Keep vigilant with condition monitoring

I was recently asked a question by a person I provide mentoring to in the utilities industry of the UK. On face value it appeared to be an obvious way of looking at things:

"If you have been performing condition monitoring for a while, say two years, and you have found nothing, then you should be able to extend the frequency of the task or eliminate it altogether, right?"

His goal was to see how the company could reduce its maintenance costs through elimination of wasteful and unnecessary activities; a noble enough goal and one that is shared by many managers around the world. The logic makes sense. If we are doing this and finding nothing, then why are we doing it?

Many people think this way, and many managers make decisions based on this sort of approach. Unfortunately, it is the exact opposite of how condition monitoring and asset maintenance principles actually work.

To get to the bottom of this seemingly counter-intuitive approach, we first need to understand some of the basics of why a condition monitoring task would be chosen, and then understand how the frequency of this task could be determined.

RCM points us to two sets of criteria that a task must comply with before it can be selected. First it needs to be “applicable” – able to be applied physically. The other test is to see whether or not the task is "effective"- whether it is likely to reduce the consequences of failure, or probability, to a level that makes it a worthwhile application.

The first issue, applicability, is where we find the answer to our question. One of the first criteria in this issue is whether or not there is a “P-F interval,” establishing what it is and whether or not it is consistent.
The P-F interval is the time between when the potential-failure (P) is able to be detected, and when the functional-failure (F) occurs. The graphic should make this clearer. This has been copied directly from the original RCM report.

Here we can see how the P-F interval informs our decision on frequency of condition monitoring tasks. It shows a deteriorating resistance to failure over time, and a range of check points throughout that time period.

This is a good description for just about any failure that condition monitoring could be useful for detecting.

As an example, I will look at the failure of a roller bearing due to metal fatigue, using the points on the curve as a guide.

Metal fatigue is the effect of taking a paper clip and folding it back on itself several times. What happens?
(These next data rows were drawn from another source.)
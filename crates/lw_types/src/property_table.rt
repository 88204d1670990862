//! The properties that the types of a grammar have, and what each of them may hold.
//!
//! A type that is inferred has the properties that something is put into where it is current: by an
//! assignment, or by an action that puts the node so far into it. A type that an interface declares has
//! its own attributes and those of all that it extends. A union has none. [`PropertyTable`] has the
//! properties of every type, each with its number, whether it is a list, and the kinds of values that it
//! may hold: a primitive, nodes of a type, or references to them.
//!
//! Its model: a [`PropertyTable`] is a list of lists of [`PropertyInfo`], one for each type, by the numbers
//! of types. `specs/Having.antt` says what they are, in the words of the ways through rules and of the
//! lineage of interfaces.
//!
//! It promises the same for every grammar, also for one that has faults: interfaces that extend themselves
//! and unions that are their own members are looked into once, and what names nothing gives no value.
//!
//! [`PropertyTable::of`] gives exactly the properties of each type, in the order in which they are first put
//! in or declared. Each is given with whether it is a list and with the values that it may hold, each once
//! ([`PropertyTable::properties`]). A type has one list of them at most, where it is known what may come
//! before the leaves of rules ([`one_list_of_properties`]). Nothing that is built asks a table yet.
//!
//! Other laws say over small grammars which properties types have and which types are below which. An
//! interface and a union are in [`properties_of_shapes`], a grammar of states in [`properties_of_states`],
//! an action in [`properties_around_an_action`]. The rest are [`properties_of_two_ways`],
//! [`properties_of_united_types`], [`types_below_a_rule`] and [`types_below_a_union`].
//!
//! Properties come in the order in which they are first put in, or declared, and values likewise, each
//! once. The cost is that of one walk over the leaves of all rules, at each times the types that are current
//! there and the values that are put in, and for each interface that of all attributes above it. Look-ups
//! take constant time, as expected.
mod declared;
mod free;
mod gathering;
mod info;
mod laws;
mod members;
mod parts;
mod seeing;
mod source;
mod table;
mod value;

pub use info::PropertyInfo;
pub use laws::{
    one_list_of_properties, properties_around_an_action, properties_of_shapes,
    properties_of_states, properties_of_two_ways, properties_of_united_types, types_below_a_rule,
    types_below_a_union,
};
pub use table::PropertyTable;
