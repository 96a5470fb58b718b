//! A picture in the language of Graphviz.
ghost use Rattle.std.specs.Prelude.{◌≡◌, ◌++◌, List, codes, decimal, string_bytes, IfOk};
ghost use Rattle.view_text.specs.Escapes.{escaped};
ghost use Rattle.view_text.specs.Graphs.{letter, node_style, tie_style, target, lines_text, node_text, nodes_text, link_text, links_text, head_text, graph_text};

use crate::escaping::{Language, escape};
use crate::picture::{Kind, Link, Node, Picture, Tie};
use std::alloc::{AllocError, Global};

fn letter(kind: Kind) -> &'static str
    ensures { result.now ≡ letter kind }
{
    match kind {
        Kind::Job | Kind::Chain => "j",
        Kind::Refused => "r",
    }
}

fn node_style(kind: Kind) -> &'static str
    ensures { result.now ≡ node_style kind }
{
    match kind {
        Kind::Job => "",
        Kind::Chain => " penwidth=2.5",
        Kind::Refused => " color=red fontcolor=red style=dashed",
    }
}

fn tie_style(tie: Tie) -> &'static str
    ensures { result.now ≡ tie_style tie }
{
    match tie {
        Tie::Depends => "",
        Tie::DependsOnChain => " penwidth=2.5",
        Tie::Completed => " style=dashed",
        Tie::CompletedOnChain => " style=dashed penwidth=2.5",
        Tie::Blocks => " style=dashed color=red fontcolor=red arrowhead=tee",
    }
}

// The letter of the box that an arrow leads to.
fn target(tie: Tie) -> &'static str
    ensures { result.now ≡ target tie }
{
    match tie {
        Tie::Blocks => "r",
        Tie::Depends | Tie::DependsOnChain | Tie::Completed | Tie::CompletedOnChain => "j",
    }
}

// The lines of a box, each with the mark that sets it flush left.
fn lines_text(alloc: Global, lines: &[String]) -> Result<String, AllocError>
    ensures { IfOk result (λ s. string_bytes s ≡ lines_text lines.now) }
{
    let mut text = String::new(alloc);
    for line in lines {
        let part = escape(alloc, line.as_str(), Language::Dot)?;
        text.push_str(part.as_str())?;
        text.push_str("\\l")?;
    }
    Ok(text)
}

fn node_text(alloc: Global, node: &Node) -> Result<String, AllocError>
    ensures { IfOk result (λ s. string_bytes s ≡ node_text node.now) }
{
    let name = letter(node.kind);
    let number = node.number;
    let lines = lines_text(alloc, &node.lines)?;
    let style = node_style(node.kind);
    format!(in alloc; "  {name}{number} [label=\"{lines}\"{style}]\n")
}

fn link_text(alloc: Global, link: &Link) -> Result<String, AllocError>
    ensures { IfOk result (λ s. string_bytes s ≡ link_text link.now) }
{
    let from = link.from;
    let name = target(link.tie);
    let to = link.to;
    let label = escape(alloc, link.label.as_str(), Language::Dot)?;
    let style = tie_style(link.tie);
    format!(in alloc; "  j{from} -> {name}{to} [label=\"{label}\"{style}]\n")
}

fn nodes_text(alloc: Global, nodes: &[Node]) -> Result<String, AllocError>
    ensures { IfOk result (λ s. string_bytes s ≡ nodes_text nodes.now) }
{
    let mut text = String::new(alloc);
    for node in nodes {
        let part = node_text(alloc, node)?;
        text.push_str(part.as_str())?;
    }
    Ok(text)
}

fn links_text(alloc: Global, links: &[Link]) -> Result<String, AllocError>
    ensures { IfOk result (λ s. string_bytes s ≡ links_text links.now) }
{
    let mut text = String::new(alloc);
    for link in links {
        let part = link_text(alloc, link)?;
        text.push_str(part.as_str())?;
    }
    Ok(text)
}

#[tactic(auto, unfolding(crate::specs::Graphs::head_text))]
fn head_text(alloc: Global, picture: &Picture) -> Result<String, AllocError>
    ensures { IfOk result (λ s. string_bytes s ≡ head_text picture.now) }
{
    let number = picture.number;
    let head = escape(alloc, picture.head.as_str(), Language::Dot)?;
    format!(in alloc;
        "digraph section{number} {{\n  label=\"{head}\" labelloc=t\n  \
         node [shape=box fontname=monospace fontsize=11]\n  edge [fontname=monospace fontsize=10]\n"
    )
}

/// The text of a section's graph.
pub fn dot_text(alloc: Global, picture: &Picture) -> Result<String, AllocError>
    ensures { IfOk result (λ s. string_bytes s ≡ graph_text picture.now) }
{
    let head = head_text(alloc, picture)?;
    let nodes = nodes_text(alloc, &picture.nodes)?;
    let links = links_text(alloc, &picture.links)?;
    format!(in alloc; "{head}{nodes}{links}}}\n")
}
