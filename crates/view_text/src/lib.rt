//! The texts of a section's picture, byte for byte.
//!
//! A [`Picture`] is plain data: the boxes of a section's jobs and of its refused schedules, and the arrows between
//! them. Two texts of it stand here, and both are definitions of that data: a graph in the language of Graphviz
//! (`specs/Graphs`), and a part of a page with a drawing, given where its boxes are set (`specs/Pages`). What a layout
//! has to keep is in `specs/Layouts`; its coordinates are free. Texts that a picture holds may have any characters:
//! those that would mean something else are escaped (`specs/Escapes`).
//!
//! *Cost.* Each box and each arrow is looked at once; boxes are found by their numbers. A row's boxes are sorted.
#![tactic(auto)]

mod curve;
mod dot;
mod escaping;
mod layout;
mod picture;
mod places;
mod svg;

pub use curve::Curve;
pub use dot::dot_text;
pub use layout::{Layout, Spot};
pub use picture::{Kind, Link, Node, Picture, Tie};
pub use svg::{PAGE_HEAD, svg_text};
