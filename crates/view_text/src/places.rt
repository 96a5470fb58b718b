//! The boxes that an arrow joins, found by their numbers.
ghost use Rattle.std.specs.Prelude.{◌≡◌, ℕ, List, nat_eq, IfOk};
ghost use Rattle.std.specs.HashMap.{get};
ghost use Rattle.view_text.specs.declared.picture.Node.{Node as PictureNode};
ghost use Rattle.view_text.specs.Places.{is_of, place_of, source_of, target_of, ArePlacesOf};

use crate::picture::{Kind, Link, Node};
use std::alloc::{AllocError, Global};
use std::collections::HashMap;

/// Where the boxes of jobs and of refused schedules stand in a picture.
#[derive(Drop)]
pub(crate) struct Places {
    jobs: HashMap<u32, usize>,
    refused: HashMap<u32, usize>,
}

fn is_of(kind: Kind, refused: bool) -> bool
    ensures { result ≡ is_of refused kind }
{
    match kind {
        Kind::Job | Kind::Chain => !refused,
        Kind::Refused => refused,
    }
}

// The place of each number. It goes from the last box to the first, so that the first one of a number stays.
fn places_by_number(
    alloc: Global,
    nodes: &[Node],
    refused: bool,
) -> Result<HashMap<u32, usize>, AllocError>
    ensures { IfOk result (λ m. (number : ℕ) → get nat_eq m number ≡ place_of refused number nodes.now) }
{
    let mut places = HashMap::new(alloc);
    let mut at = nodes.len();
    while at > 0 {
        at -= 1;
        let node = &nodes[at];
        if is_of(node.kind, refused) {
            places.insert(node.number, at)?;
        }
    }
    Ok(places)
}

impl Places {
    pub(crate) fn of(alloc: Global, nodes: &[Node]) -> Result<Places, AllocError>
        ensures { IfOk result (ArePlacesOf nodes.now) }
    {
        let jobs = places_by_number(alloc, nodes, false)?;
        let refused = places_by_number(alloc, nodes, true)?;
        Ok(Places { jobs, refused })
    }

    /// The place of the box from which an arrow comes.
    pub(crate) fn source_of(&self, link: &Link) -> Option<usize>
        ensures { (nodes : List PictureNode) → ArePlacesOf nodes self.now → result ≡ source_of nodes link.now }
    {
        self.jobs.get(&link.from).copied()
    }

    /// The place of the box to which it leads.
    pub(crate) fn target_of(&self, link: &Link) -> Option<usize>
        ensures { (nodes : List PictureNode) → ArePlacesOf nodes self.now → result ≡ target_of nodes link.now }
    {
        if link.tie.is_block() {
            self.refused.get(&link.to).copied()
        } else {
            self.jobs.get(&link.to).copied()
        }
    }
}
The metal within the paperclip weakens, becomes fatigued, and then breaks altogether. What we don’t see are the range of microscopic effects and events that lead up to the paperclip breaking.

It is the same with a bearing. As we have reviewed previously, over time the metal within the races, balls and other elements weakens. (We will avoid getting into the discussion about why it would weaken for now) While it remains sub-surface, that is within the walls of the race for example, we often do not even know that it is developing, nor are we able to do anything to detect it.

However, once it actually breaks the surface, say at point B, then we can start to detect it via changes in vibration levels. As the resistance to failure deteriorates even further, point C, then we may be able to detect it via different means. Changes in heat, noise, amperage draw, and equipment performance are all examples of differing means to predict failure.

The time remaining between when we actually predict the warning signs of failure, and when it actually fails functionally (no longer able to do what we require of it), is the P-F interval.

So, the frequency of any task that sets out to detect the warning signs of failure needs to be less than the P-F interval. This is a fundamental issue and one that is often misunderstood. Working through the criteria for applicability and effectiveness are what guides us as to whether or not to apply a task. It has nothing to do with whether we find anything or not.

Our decision logic (applicability and effectiveness) have already told us that it is wise for us to apply the task, because if we don’t make the efforts to predict it, then we will be faced with undesirable consequences of failure.

If we take it upon ourselves to lengthen the frequency, or worse, to remove the task altogether, merely because it has not detected anything yet, then we are setting ourselves up for an unpredicted failure. For example, if we extend the frequency to six months or greater, then we will detect the warning signs of failure based solely on good fortune. If we remove the task altogether, we are destined for the exact equipment failure that this task was designed to protect us from.

I hope this is of use in either defending the condition monitoring tasks you already have in place, or in helping you to determine the frequency of on-condition tasks that you are currently working with. There are a whole range of additional factors that should also be considered such as the accuracy of the task, the severity of the consequences etcetera, but this should help as a basic guide.